Vision Thing was the first Sisters of Mercy album I purchased, but
Floodland became the favorite. The cover of the album probably says more about its content than any review ever did-- black sky meeting with an oily sea, a full moon set between the faces of Eldritch and Patricia Morrison. It's an album filled with lengthy pieces. It's major single, "This Corrosion," comes in at just under eleven minutes and five others top the six-minute mark. The production is, overall, sparse, but there are bits of song (the gospel backing vocals on "This Corrosion" and the rainstorm effects on "Flood II") that seem to stretch for a big 1980s moment but, fortunately, miss that overproduced sound.

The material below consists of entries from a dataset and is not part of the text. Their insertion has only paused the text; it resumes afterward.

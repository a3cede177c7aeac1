//! The calls of an engine that take one turn each.
ghost use Rattle.std.specs.Prelude.{◌≡◌, ℕ, ◌≤◌, ◌+◌, [], length, None, MatchResult, IfOk, IfErr, IfSome, OnOk, OnErr};
ghost use Rattle.std.specs.Arc.{arc_value};
ghost use Rattle.std.specs.Map.{keys_of};
ghost use Rattle.dice_core.specs.Commits.{Fault, fault_of, AreSettable, IsFirstFault};
ghost use Rattle.dice_engine.specs.Seats.{IsSeatOf, IsWriter};
ghost use Rattle.dice_engine.specs.Turns.{newest_in, log_of, Turn};
ghost use Rattle.dice_engine.specs.Conditions.{HasOpen, HasAsk, SawAsk};
ghost use Rattle.dice_engine.specs.Calls.{AddsNothing, Opens, Closes, Asks, Leaves, Commits};
ghost use Rattle.dice_engine.specs.Replies.{reply_of, IsReply};
ghost use Rattle.dice_engine.specs.Lines.{AreLines, AreEventsFrom};
ghost use Rattle.dice_engine.specs.Doings.{TellsOfCore};

use crate::engine::Engine;
use crate::promise::{Answer, Promise, Transaction};
use crate::seat::Seat;
use crate::updater::Updater;
use dice_core::CommitRefusal;
use dice_key::{KeyRef, Line, NoMemory, Universe, Version};
use journal::Event;
use std::alloc::Global;
use std::sync::Wait;

impl<U: Universe> Engine<U> {
    /// Applies changes together: those whose value is not the key's newest one are a commit; with
    /// none of these nothing changes. The version is the newest one after it.
    ///
    /// The changes are tested first, in order: the first pair whose key is not injected, or stands
    /// in an earlier pair, is named. At a refusal nothing is added.
    pub fn commit<'a, R: Wait>(
        &self,
        rt: &R,
        seat: &mut Seat<U>,
        updater: &'a Updater<U>,
    ) -> Result<Version, CommitRefusal<'a, U>>
        requires seat { IsSeatOf self.now seat.old × IsWriter seat.old }
        ensures settable { OnOk result (AreSettable U.meaning (keys_of updater.now)) }
        ensures fault { IfErr result
            (λ e. IfSome (fault_of e) (IsFirstFault U.meaning (keys_of updater.now))) }
        ensures first { (f : Fault U.Key) → IsFirstFault U.meaning (keys_of updater.now) f
            → MatchResult result (λ _. ⊥) (λ e. IfSome (fault_of e) (λ g. g ≡ f)) }

        // Changes that can be set are committed, or memory was refused.
        ensures complete { AreSettable U.meaning (keys_of updater.now)
            → IfErr result (λ e. fault_of e ≡ None) }
        ensures version { IfOk result (λ v. v ≡ newest_in seat.new.seen) }
        ensures ok { OnOk result (Turn U.Key.eq U.meaning seat.old seat.new
            (λ found. Commits U.Key.eq U.Value.eq U.meaning seat.old.number (log_of found)
            updater.now)) }
        ensures err { OnErr result
            (Turn U.Key.eq U.meaning seat.old seat.new (λ found. AddsNothing)) }
        ensures seat { IsSeatOf self.now seat.new }
        ensures same { (seat.new.number ≡ seat.old.number) × (seat.new.writers ≡ seat.old.writers) }
    {
        let number = seat.number();
        let mut turn = self.stile.enter(rt, &mut seat.place);
        let state = turn.state();
        let result = state.commit(rt, number, updater);
        state.line_up(rt);
        self.stile.leave(turn);
        result
    }

    /// Opens a transaction at the newest version. If memory is refused nothing is added.
    pub fn open<R: Wait>(&self, rt: &R, seat: &mut Seat<U>) -> Result<Transaction, NoMemory>
        requires seat { IsSeatOf self.now seat.old × IsWriter seat.old }
        ensures ok { IfOk result (λ t. Turn U.Key.eq U.meaning seat.old seat.new
            (λ found own work. Opens seat.old.number found own work × (t.version ≡ newest_in found)
            × (t.opened ≡ length found))) }
        ensures has { IfOk result (λ t. HasOpen seat.new t.opened t.version) }
        ensures err { OnErr result
            (Turn U.Key.eq U.meaning seat.old seat.new (λ found. AddsNothing)) }
        ensures seat { IsSeatOf self.now seat.new }
        ensures same { (seat.new.number ≡ seat.old.number) × (seat.new.writers ≡ seat.old.writers) }
    {
        let number = seat.number();
        let mut turn = self.stile.enter(rt, &mut seat.place);
        let state = turn.state();
        let opened = state.open(rt, number);
        state.line_up(rt);
        self.stile.leave(turn);
        opened
    }

    /// Closes a transaction: its asks go, and the tasks that nobody asks for any more are dropped.
    /// It takes no memory.
    pub fn close<R: Wait>(&self, rt: &R, seat: &mut Seat<U>, transaction: Transaction)
        requires seat { IsSeatOf self.now seat.old × IsWriter seat.old }
        requires open { HasOpen seat.old transaction.opened transaction.version }
        ensures turn { Turn U.Key.eq U.meaning seat.old seat.new
            (λ found. Closes seat.old.number transaction.opened transaction.version) }
        ensures seat { IsSeatOf self.now seat.new }
        ensures same { (seat.new.number ≡ seat.old.number) × (seat.new.writers ≡ seat.old.writers) }
    {
        let mut turn = self.stile.enter(rt, &mut seat.place);
        let state = turn.state();
        state.close(rt, transaction);
        state.line_up(rt);
        self.stile.leave(turn);
    }

    /// Asks for a key in a transaction. If memory is refused nothing is added.
    pub fn ask<R: Wait>(
        &self,
        rt: &R,
        seat: &mut Seat<U>,
        transaction: &Transaction,
        key: KeyRef<U>,
    ) -> Result<Promise<U>, NoMemory>
        requires seat { IsSeatOf self.now seat.old × IsWriter seat.old }
        requires open { HasOpen seat.old transaction.now.opened transaction.now.version }
        ensures ok { IfOk result (λ p. Turn U.Key.eq U.meaning seat.old seat.new
            (λ found own work. Asks seat.old.number transaction.now.opened transaction.now.version
            (arc_value key) own work × (p.ask ≡ length found))) }
        ensures named { IfOk result (λ p. (p.version ≡ transaction.now.version)
            × (p.opened ≡ transaction.now.opened) × (arc_value p.key ≡ arc_value key)) }
        ensures has { IfOk result
            (λ p. HasAsk seat.new p.ask p.opened p.version (arc_value p.key)) }
        ensures err { OnErr result
            (Turn U.Key.eq U.meaning seat.old seat.new (λ found. AddsNothing)) }
        ensures seat { IsSeatOf self.now seat.new }
        ensures same { (seat.new.number ≡ seat.old.number) × (seat.new.writers ≡ seat.old.writers) }
    {
        let number = seat.number();
        let mut turn = self.stile.enter(rt, &mut seat.place);
        let state = turn.state();
        let promise = state.ask(rt, number, transaction, key);
        state.line_up(rt);
        self.stile.leave(turn);
        promise
    }

    /// Leaves an ask, and drops the tasks that nobody asks for any more; if its transaction was
    /// closed, nothing. It takes no memory.
    pub fn leave<R: Wait>(&self, rt: &R, seat: &mut Seat<U>, promise: Promise<U>)
        requires seat { IsSeatOf self.now seat.old × IsWriter seat.old }
        requires ask { HasAsk seat.old promise.ask promise.opened promise.version
            (arc_value promise.key) }
        ensures turn { Turn U.Key.eq U.meaning seat.old seat.new
            (λ found. Leaves seat.old.number promise.ask promise.opened promise.version found) }
        ensures seat { IsSeatOf self.now seat.new }
        ensures same { (seat.new.number ≡ seat.old.number) × (seat.new.writers ≡ seat.old.writers) }
    {
        let mut turn = self.stile.enter(rt, &mut seat.place);
        let state = turn.state();
        state.leave(rt, promise);
        state.line_up(rt);
        self.stile.leave(turn);
    }

    /// What a promise has come to. It adds nothing. It takes memory for an answer alone. Of a task
    /// that was given up since no memory was left, it answers `NoMemory` for good.
    pub fn poll<R: Wait>(
        &self,
        rt: &R,
        seat: &mut Seat<U>,
        promise: &Promise<U>,
    ) -> Result<Answer<U>, NoMemory>
        requires seat { IsSeatOf self.now seat.old }
        requires ask { SawAsk seat.old promise.now.ask promise.now.opened promise.now.version
            (arc_value promise.now.key) }
        ensures turn { Turn U.Key.eq U.meaning seat.old seat.new (λ found. AddsNothing) }
        ensures reply { IsReply U.Key.eq U.meaning seat.new.seen promise.now.version
            (arc_value promise.now.key) promise.now.ask seat.new.left (reply_of result) }
        ensures exact { TellsOfCore U.Key.eq U.meaning promise.now (reply_of result) seat.old
            seat.new }
        ensures seat { IsSeatOf self.now seat.new }
        ensures same { (seat.new.number ≡ seat.old.number) × (seat.new.writers ≡ seat.old.writers) }
    {
        let mut turn = self.stile.enter(rt, &mut seat.place);
        let state = turn.state();
        let answer = state.poll(promise);
        state.line_up(rt);
        self.stile.leave(turn);
        answer
    }

    /// The lines of the journal, one for each event, in order. It adds nothing, and takes as long
    /// as the journal and its lines are.
    pub fn log<R: Wait>(
        &self,
        rt: &R,
        alloc: Global,
        seat: &mut Seat<U>,
    ) -> Result<Vec<Line>, NoMemory>
        requires seat { IsSeatOf self.now seat.old }
        ensures turn { Turn U.Key.eq U.meaning seat.old seat.new (λ found. AddsNothing) }
        ensures lines { IfOk result (λ ls. AreLines U.meaning seat.new.seen ls.items) }
        ensures seat { IsSeatOf self.now seat.new }
        ensures same { (seat.new.number ≡ seat.old.number) × (seat.new.writers ≡ seat.old.writers) }
    {
        let mut turn = self.stile.enter(rt, &mut seat.place);
        let state = turn.state();
        let lines = state.lines(alloc, &*self.universe);
        state.line_up(rt);
        self.stile.leave(turn);
        lines
    }

    /// How many events the journal has, which is the index of the next one. It adds nothing, and
    /// takes no memory.
    pub fn event_count<R: Wait>(&self, rt: &R, seat: &mut Seat<U>) -> usize
        requires seat { IsSeatOf self.now seat.old }
        ensures turn { Turn U.Key.eq U.meaning seat.old seat.new (λ found. AddsNothing) }
        ensures count { result ≡ length seat.new.seen }
        ensures seat { IsSeatOf self.now seat.new }
        ensures same { (seat.new.number ≡ seat.old.number) × (seat.new.writers ≡ seat.old.writers) }
    {
        let mut turn = self.stile.enter(rt, &mut seat.place);
        let state = turn.state();
        let count = state.event_count();
        state.line_up(rt);
        self.stile.leave(turn);
        count
    }

    /// The events of the journal from this index on, in order; none if there are no more. It adds
    /// nothing, and takes as long as these events are. Their keys and values are shared.
    pub fn events<R: Wait>(
        &self,
        rt: &R,
        alloc: Global,
        seat: &mut Seat<U>,
        start: usize,
    ) -> Result<Vec<Event<U::Key, U::Value>>, NoMemory>
        requires seat { IsSeatOf self.now seat.old }
        ensures turn { Turn U.Key.eq U.meaning seat.old seat.new (λ found. AddsNothing) }
        ensures events { IfOk result (λ es. AreEventsFrom start seat.new.seen es.items) }
        ensures seat { IsSeatOf self.now seat.new }
        ensures same { (seat.new.number ≡ seat.old.number) × (seat.new.writers ≡ seat.old.writers) }
    {
        let mut turn = self.stile.enter(rt, &mut seat.place);
        let state = turn.state();
        let events = state.events(alloc, start);
        state.line_up(rt);
        self.stile.leave(turn);
        events
    }
}
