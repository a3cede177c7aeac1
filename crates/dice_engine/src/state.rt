//! The state that lies in the slot of the turnstile, and the core's calls on it: one of them in
//! each turn.
ghost use Rattle.std.specs.Option.{ForSome, ForNone};
ghost use Rattle.std.specs.Prelude.{◌≡◌, ◌≢◌, IsSome, is_some, ℕ, List, [], ◌∷◌, ◌++◌, length, reverse, Some, IfOk, IfErr, IfSome, IfNone, OnOk, OnErr, MatchResult};
ghost use Rattle.std.specs.Arc.{arc_value};
ghost use Rattle.std.specs.Map.{keys_of};
ghost use Rattle.journal.specs.Events.{Opened, Asking, open_at, live_at};
ghost use Rattle.dice_jobs.specs.Alike.{AnsweredTruly, IsAnsweredIn};
ghost use Rattle.dice_core.specs.Commits.{Fault, fault_of, AreSettable, IsFirstFault};
ghost use Rattle.journal.specs.declared.event.Told.{Told};
ghost use Rattle.journal.specs.declared.event.Told.TheVariants.{Ask};
ghost use Rattle.journal.specs.Law.{IsLawfulJournal};
ghost use Rattle.turnstile.specs.Events.{StartsWith};
ghost use Rattle.dice_core.specs.Cores.{Absent, came_of, events_of, poll_of, IsJobOut, IsNameOut};
ghost use Rattle.dice_core.specs.Joinings.{IsToldOfMake};
ghost use Rattle.dice_engine.specs.Turns.{newest_in, log_of, left_of, Adds, WorksOn};
ghost use Rattle.dice_engine.specs.Calls.{AddsNothing, Opens, Closes, Asks, Leaves, Commits};
ghost use Rattle.dice_engine.specs.Replies.{reply_of, Tells, IsLiveIn, IsReply};
ghost use Rattle.dice_engine.specs.Lines.{AreLines, AreEventsFrom};
ghost use Rattle.job_line.specs.Ends.{first_pass};
ghost use Rattle.dice_engine.specs.Jobs.{GoesOut, LinesUp, IsKnown, GivesUpJob, TakesUpStep, ComesHome};
ghost use Rattle.dice_engine.specs.Doings.{RestsByJournal};
ghost use Rattle.dice_engine.specs.Rows.{Keeps, Follows, IsBare, ShelfHas};
ghost use Rattle.dice_engine.specs.Rounds.{IsAskOf};

use crate::bench::Bench;
use crate::events::events_since;
use crate::ledge::{Ledge, Published, shelve};
use crate::lines::lines_of;
use crate::promise::{Answer, Promise, Transaction};
use crate::updater::Updater;
use dice_core::{CommitRefusal, Core, Job, JobName, Polled, Step};
use dice_jobs::true_jobs_are_one;
use dice_key::{KeyRef, Line, NoMemory, Universe, Version};
use injected::cells_are_the_inputs;
use job_line::{JobLine, Pass};
use journal::{Event, Told};
use shelf::Told as News;
use std::alloc::Global;
use std::sync::{Arc, Wait};
use turnstile::Tale;
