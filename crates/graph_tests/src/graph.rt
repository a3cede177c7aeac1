//! Look-ups and finishes on the example universe: calls one after another, with what look-ups
//! answer.
//!
//! The key asked for is the sum of cell 1 and itself, so it asks cell 1 alone; cell 3 is one that
//! it does not ask.
ghost use Rattle.std.specs.Prelude.{◌≡◌, length, IfOk};

use dep_recorder::{Recorder, Trace};
use dice_key::{Answers, Batch, NoMemory};
use injected::{Cells, cells_in_order};
use std::alloc::Global;
use std::sync::Arc;
use std::test::Fail;
use tiny_universe::{Place, Tiny, Value};
use versioned_graph::{Found, Graph, Why};

const KEY: Place = Place::Sum(1, 1);

/// A key that asks `KEY`.
const USER: Place = Place::Parity(1);

const TEN: Value = Value::Number(10);

const TWELVE: Value = Value::Number(12);

/// What a look-up answers; of a trace the number of its batches.
#[derive(Clone, Copy, PartialEq)]
enum Seen {
    Match(Value, u64),
    New,
    Transient(u64),
    Check(Value, usize, u64),
}

fn seen_of(found: Found<'_, Tiny>) -> Seen {
    match found {
        Found::Match(value, base) => Seen::Match(**value, base),
        Found::Compute(Why::New) => Seen::New,
        Found::Compute(Why::Transient(base)) => Seen::Transient(base),
        Found::CheckDeps(value, trace, base) => Seen::Check(**value, trace.len(), base),
    }
}

/// A key twice.
fn batch_of(alloc: Global, key: Place) -> Result<Batch<Place>, NoMemory>
    ensures { IfOk result (λ b. length b ≡ 2) }
{
    let key = Arc::new(alloc, key)?;
    let keys = vec![in alloc; Arc::try_clone(&key)?, key]?;
    Ok(Batch::from_keys(keys))
}

/// A number twice.
fn answers_of(alloc: Global, number: u64) -> Result<Answers<Value>, NoMemory>
    ensures { IfOk result (λ a. length a ≡ 2) }
{
    let value = Arc::new(alloc, Value::Number(number))?;
    let values = vec![in alloc; Arc::try_clone(&value)?, value]?;
    Ok(Answers::from_values(values))
}

/// A trace of one batch, in which a key was asked twice and answered with a number each time.
fn asked_twice(alloc: Global, key: Place, number: u64) -> Result<Arc<Trace<Tiny>>, NoMemory> {
    let mut recorder = Recorder::new(alloc);
    recorder.ask(batch_of(alloc, key)?)?;
    recorder.answer(answers_of(alloc, number)?)?;
    Ok(Arc::new(alloc, recorder.finish())?)
}

/// A call, or what a look-up has to answer.
enum Call {
    /// A cell is set to a number at this version.
    Commit(u64, u32, u64),
    /// The key is finished at a version with a value; it asked another key, which was answered with
    /// this number.
    Finish(Place, u64, Value, Place, u64),
    /// The value of the key was used at this version.
    See(Place, u64),
    /// The key is looked up at a version, and this is the answer.
    Look(Place, u64, Seen),
    /// The key is looked up at a version, and has no match.
    NoMatch(Place, u64),
}

/// Cells, and a graph over them.
struct World {
    alloc: Global,
    cells: Cells<Tiny>,
    graph: Graph<Tiny>,
}

// (One function for all places that drop one: a derived drop is written out at each.)
impl Drop for World {
    fn drop(self) {
        let World {
            alloc: _,
            cells: _cells,
            graph: _graph,
        } = self;
    }
}

impl World {
    fn new(alloc: Global) -> Result<World, NoMemory> {
        let universe = Arc::new(alloc, Tiny::new(alloc)?)?;
        let cells = Cells::new(alloc, Arc::try_clone(&universe)?);
        let graph = Graph::new(alloc, universe);
        Ok(World {
            alloc,
            cells,
            graph,
        })
    }

    /// Commits one set, of a cell at a version above all that were set; whether it was above them.
    fn commit(&mut self, version: u64, cell: u32, number: u64) -> Result<bool, NoMemory> {
        if version <= self.cells.last() {
            return Ok(false);
        }
        cells_in_order(&self.cells);
        let key = Arc::new(self.alloc, Place::Cell(cell))?;
        let value = Arc::new(self.alloc, Value::Number(number))?;
        self.cells.set(version, Arc::try_clone(&key)?, value)?;
        let changed = [key];
        self.graph.commit(&changed, version)?;
        Ok(true)
    }

    /// Finishes a key with this trace; whether the version is below the greatest.
    fn finish(
        &mut self,
        key: Place,
        version: u64,
        value: Value,
        trace: Arc<Trace<Tiny>>,
    ) -> Result<bool, NoMemory> {
        if version == u64::MAX {
            return Ok(false);
        }
        let key = Arc::new(self.alloc, key)?;
        let value = Arc::new(self.alloc, value)?;
        self.graph.finish(&self.cells, key, version, value, trace)?;
        Ok(true)
    }

    fn look(&self, key: Place, version: u64) -> Result<Seen, NoMemory> {
        let key = Arc::new(self.alloc, key)?;
        Ok(seen_of(self.graph.lookup(&key, version)))
    }

    fn see(&mut self, key: Place, version: u64) -> Result<bool, NoMemory> {
        let key = Arc::new(self.alloc, key)?;
        self.graph.seen(&key, version);
        Ok(true)
    }

    /// Carries out a call; whether it may be made, and a look-up answers what it has to.
    fn carry_out(&mut self, call: &Call) -> Result<bool, NoMemory> {
        match call {
            Call::Commit(version, cell, number) => self.commit(*version, *cell, *number),
            Call::Finish(key, version, value, dep, answer) => {
                let trace = asked_twice(self.alloc, *dep, *answer)?;
                self.finish(*key, *version, *value, trace)
            }
            Call::See(key, version) => self.see(*key, *version),
            Call::Look(key, version, seen) => Ok(self.look(*key, *version)? == *seen),
            Call::NoMatch(key, version) => {
                Ok(!matches!(self.look(*key, *version)?, Seen::Match(_, _)))
            }
        }
    }
}

/// Carries out calls on a new world; the number of the first that goes otherwise than it says.
fn first_other(alloc: Global, calls: &[Call]) -> Result<Option<usize>, NoMemory> {
    let mut world = World::new(alloc)?;
    for i in 0..calls.len() {
        if !world.carry_out(&calls[i])? {
            return Ok(Some(i));
        }
    }
    Ok(None)
}

/// Cell 1 is 5 from version 1 on.
const SET: Call = Call::Commit(1, 1, 5);

/// The key was finished at version 1, at which cell 1 is 5.
const FINISHED: Call = Call::Finish(KEY, 1, TEN, Place::Cell(1), 5);

/// A key that asks it was finished there.
const USED: Call = Call::Finish(USER, 1, TWELVE, KEY, 10);

const NEW: [Call; 4] = [
    SET,
    Call::Look(KEY, 1, Seen::New),
    FINISHED,
    Call::Look(KEY, 1, Seen::Match(TEN, 1)),
];

#[test]
fn a_key_is_new_until_it_is_finished(rt: HostRuntime) -> Result<(), Fail> {
    assert!(rt; first_other(rt.alloc(), &NEW)? == None);
    Ok(())
}

const CHANGED: [Call; 5] = [
    SET,
    FINISHED,
    Call::Commit(2, 1, 6),
    Call::Look(KEY, 2, Seen::Check(TEN, 1, 1)),
    Call::Look(KEY, 1, Seen::Match(TEN, 1)),
];

#[test]
fn a_changed_dependency_is_checked_and_an_older_version_still_matches(
    rt: HostRuntime,
) -> Result<(), Fail> {
    assert!(rt; first_other(rt.alloc(), &CHANGED)? == None);
    Ok(())
}

const CUT: [Call; 10] = [
    SET,
    FINISHED,
    USED,
    Call::Commit(2, 3, 5),
    Call::Look(KEY, 2, Seen::Match(TEN, 1)),
    Call::Look(USER, 2, Seen::Match(TWELVE, 1)),
    Call::Commit(3, 1, 6),
    Call::Look(KEY, 3, Seen::Check(TEN, 1, 1)),
    Call::Look(USER, 3, Seen::Check(TWELVE, 1, 1)),
    Call::Look(USER, 2, Seen::Match(TWELVE, 1)),
];

#[test]
fn a_commit_cuts_what_it_reaches_by_recorded_edges(rt: HostRuntime) -> Result<(), Fail> {
    assert!(rt; first_other(rt.alloc(), &CUT)? == None);
    Ok(())
}

const REPLACED: [Call; 10] = [
    SET,
    FINISHED,
    USED,
    Call::Finish(KEY, 1, TWELVE, Place::Cell(3), 0),
    Call::Commit(2, 1, 6),
    Call::Look(KEY, 2, Seen::Check(TWELVE, 1, 1)),
    Call::Look(USER, 2, Seen::Check(TWELVE, 1, 1)),
    // The edge from cell 1 has gone.
    Call::Finish(KEY, 2, TEN, Place::Cell(3), 0),
    Call::Commit(3, 1, 7),
    Call::Look(KEY, 3, Seen::Match(TEN, 2)),
];

#[test]
fn edges_outlive_a_replaced_entry_and_go_with_a_cut(rt: HostRuntime) -> Result<(), Fail> {
    assert!(rt; first_other(rt.alloc(), &REPLACED)? == None);
    Ok(())
}

const TRANSIENT: [Call; 4] = [
    SET,
    Call::Finish(KEY, 1, Value::Reading(1), Place::Cell(1), 5),
    Call::Commit(2, 1, 6),
    Call::Look(KEY, 2, Seen::Transient(1)),
];

#[test]
fn a_transient_value_is_computed_again(rt: HostRuntime) -> Result<(), Fail> {
    assert!(rt; first_other(rt.alloc(), &TRANSIENT)? == None);
    Ok(())
}

const KNOWN: [Call; 14] = [
    SET,
    FINISHED,
    Call::Commit(2, 3, 5),
    Call::Commit(3, 1, 6),
    // The key again, when nothing that it asks has changed; and a key that asks it.
    Call::Finish(KEY, 2, TEN, Place::Cell(1), 5),
    Call::Finish(USER, 2, TWELVE, KEY, 10),
    Call::NoMatch(KEY, 0),
    Call::NoMatch(USER, 0),
    Call::Look(KEY, 1, Seen::Match(TEN, 2)),
    Call::Look(USER, 1, Seen::Match(TWELVE, 2)),
    Call::Look(KEY, 2, Seen::Match(TEN, 2)),
    Call::Look(USER, 2, Seen::Match(TWELVE, 2)),
    Call::NoMatch(KEY, 3),
    Call::NoMatch(USER, 3),
];

#[test]
fn a_finish_marks_the_versions_that_its_dependency_knows(rt: HostRuntime) -> Result<(), Fail> {
    assert!(rt; first_other(rt.alloc(), &KNOWN)? == None);
    Ok(())
}

const AWAY: [Call; 6] = [
    SET,
    Call::Commit(2, 1, 6),
    // Cell 1 is 5 again.
    Call::Commit(3, 1, 5),
    Call::Finish(KEY, 3, TEN, Place::Cell(1), 5),
    Call::NoMatch(KEY, 1),
    Call::Look(KEY, 3, Seen::Match(TEN, 3)),
];

#[test]
fn a_finish_marks_no_version_beyond_a_change(rt: HostRuntime) -> Result<(), Fail> {
    assert!(rt; first_other(rt.alloc(), &AWAY)? == None);
    Ok(())
}

const OTHER: [Call; 6] = [
    SET,
    Call::Commit(2, 1, 6),
    Call::Finish(KEY, 2, TWELVE, Place::Cell(1), 6),
    // One that asked the key at the version before, at which the key's entry says nothing.
    Call::Finish(USER, 1, TWELVE, KEY, 10),
    Call::Look(USER, 1, Seen::Match(TWELVE, 1)),
    Call::NoMatch(USER, 2),
];

#[test]
fn an_entry_of_other_versions_adds_none(rt: HostRuntime) -> Result<(), Fail> {
    assert!(rt; first_other(rt.alloc(), &OTHER)? == None);
    Ok(())
}

const LATER: [Call; 7] = [
    SET,
    FINISHED,
    Call::Commit(2, 1, 6),
    Call::Finish(KEY, 2, TWELVE, Place::Cell(1), 6),
    Call::Finish(KEY, 1, TEN, Place::Cell(1), 5),
    Call::Look(KEY, 1, Seen::Check(TWELVE, 1, 2)),
    Call::Look(KEY, 2, Seen::Match(TWELVE, 2)),
];

#[test]
fn a_later_finish_replaces_and_an_earlier_one_does_not(rt: HostRuntime) -> Result<(), Fail> {
    assert!(rt; first_other(rt.alloc(), &LATER)? == None);
    Ok(())
}

const USED_LATER: [Call; 5] = [
    SET,
    FINISHED,
    Call::See(KEY, 4),
    Call::See(KEY, 2),
    Call::Look(KEY, 1, Seen::Match(TEN, 4)),
];

#[test]
fn a_match_that_was_seen_is_the_base_from_then_on(rt: HostRuntime) -> Result<(), Fail> {
    assert!(rt; first_other(rt.alloc(), &USED_LATER)? == None);
    Ok(())
}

Floodland is the album that spawned the pseudo-goth nickname bestowed upon me by my closest friend. It is the album that helped me convince my metal-loving college roommate to start going to Helter Skelter with Kar3n and I. It is the album that just might make you want to see the band play in Los Angeles
next month.
I would like to see Sisters of Mercy again, but, undoubtedly, I will be stuck doing something far less interesting that night. I had my chance to see the band in 1998. I went with a group of ten people in the worst rainstorm of the year. It took an extra two hours for everyone to arrive at my place and at least another hour to get from the LAX area to Hollywood. We stopped at Del Taco for dinner, where one member of our party was propositioned by a trannie while standing in line for the bathroom. We parked four blocks away and I tripped in a puddle, managing to rip my tights and bang my knee before the show. Given that this was the Palladium, who has the worst door policy in town, our matches, lighters, cigarettes, gum and pen were all confiscated. The guard tried to take my key ring and nearly ripped a fashion chain off my handbag because she thought they might be "weapons." I threw a fit and she caved. It was an incredibly fucked up night, to say the least, but Sisters of Mercy are worth that.